-- What to produce --
Print the first line of the data below and every one after it, through the line containing "use crate::fault::ArgFault;", exactly as written.

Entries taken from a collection
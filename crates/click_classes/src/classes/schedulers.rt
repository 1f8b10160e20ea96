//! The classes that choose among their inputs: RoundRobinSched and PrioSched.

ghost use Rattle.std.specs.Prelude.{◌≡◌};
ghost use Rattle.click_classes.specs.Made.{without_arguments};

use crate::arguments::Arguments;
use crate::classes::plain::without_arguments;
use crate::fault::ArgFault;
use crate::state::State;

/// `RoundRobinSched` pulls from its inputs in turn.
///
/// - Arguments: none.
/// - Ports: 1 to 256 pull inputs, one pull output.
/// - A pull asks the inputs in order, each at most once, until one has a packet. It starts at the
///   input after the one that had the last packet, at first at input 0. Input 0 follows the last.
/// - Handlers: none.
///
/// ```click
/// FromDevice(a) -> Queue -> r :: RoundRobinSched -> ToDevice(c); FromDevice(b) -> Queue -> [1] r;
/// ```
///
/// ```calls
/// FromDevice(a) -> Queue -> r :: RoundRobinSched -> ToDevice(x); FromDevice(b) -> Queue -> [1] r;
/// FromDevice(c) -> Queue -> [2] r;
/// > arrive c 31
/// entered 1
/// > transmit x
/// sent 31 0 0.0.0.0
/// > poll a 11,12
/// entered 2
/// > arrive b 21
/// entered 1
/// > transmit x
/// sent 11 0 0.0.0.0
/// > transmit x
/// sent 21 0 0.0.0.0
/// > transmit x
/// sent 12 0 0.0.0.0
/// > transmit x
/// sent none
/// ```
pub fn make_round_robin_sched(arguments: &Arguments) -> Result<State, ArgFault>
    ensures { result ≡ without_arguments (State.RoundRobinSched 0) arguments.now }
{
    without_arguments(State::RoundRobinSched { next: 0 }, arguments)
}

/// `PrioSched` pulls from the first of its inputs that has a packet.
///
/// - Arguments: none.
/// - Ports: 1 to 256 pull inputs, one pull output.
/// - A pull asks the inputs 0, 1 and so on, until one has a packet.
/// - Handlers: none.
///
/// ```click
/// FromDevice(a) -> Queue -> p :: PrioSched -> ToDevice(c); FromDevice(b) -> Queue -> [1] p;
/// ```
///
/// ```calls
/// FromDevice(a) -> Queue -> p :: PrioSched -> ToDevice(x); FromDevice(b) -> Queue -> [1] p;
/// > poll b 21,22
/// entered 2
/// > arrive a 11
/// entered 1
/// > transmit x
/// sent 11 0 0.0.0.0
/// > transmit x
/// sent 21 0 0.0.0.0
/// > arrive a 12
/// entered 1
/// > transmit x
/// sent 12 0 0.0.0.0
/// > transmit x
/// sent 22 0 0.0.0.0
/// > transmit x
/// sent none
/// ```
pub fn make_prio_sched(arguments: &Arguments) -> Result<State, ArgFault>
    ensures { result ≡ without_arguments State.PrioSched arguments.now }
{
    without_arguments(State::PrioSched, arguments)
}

-- Solution to the problem --
filename crates/click_classes/src/classes/schedulers.rt
repository 1f8b10160e20ea96
//! The classes that choose among their inputs: RoundRobinSched and PrioSched.

ghost use Rattle.std.specs.Prelude.{◌≡◌};
ghost use Rattle.click_classes.specs.Made.{without_arguments};

use crate::arguments::Arguments;
use crate::classes::plain::without_arguments;
use crate::fault::ArgFault;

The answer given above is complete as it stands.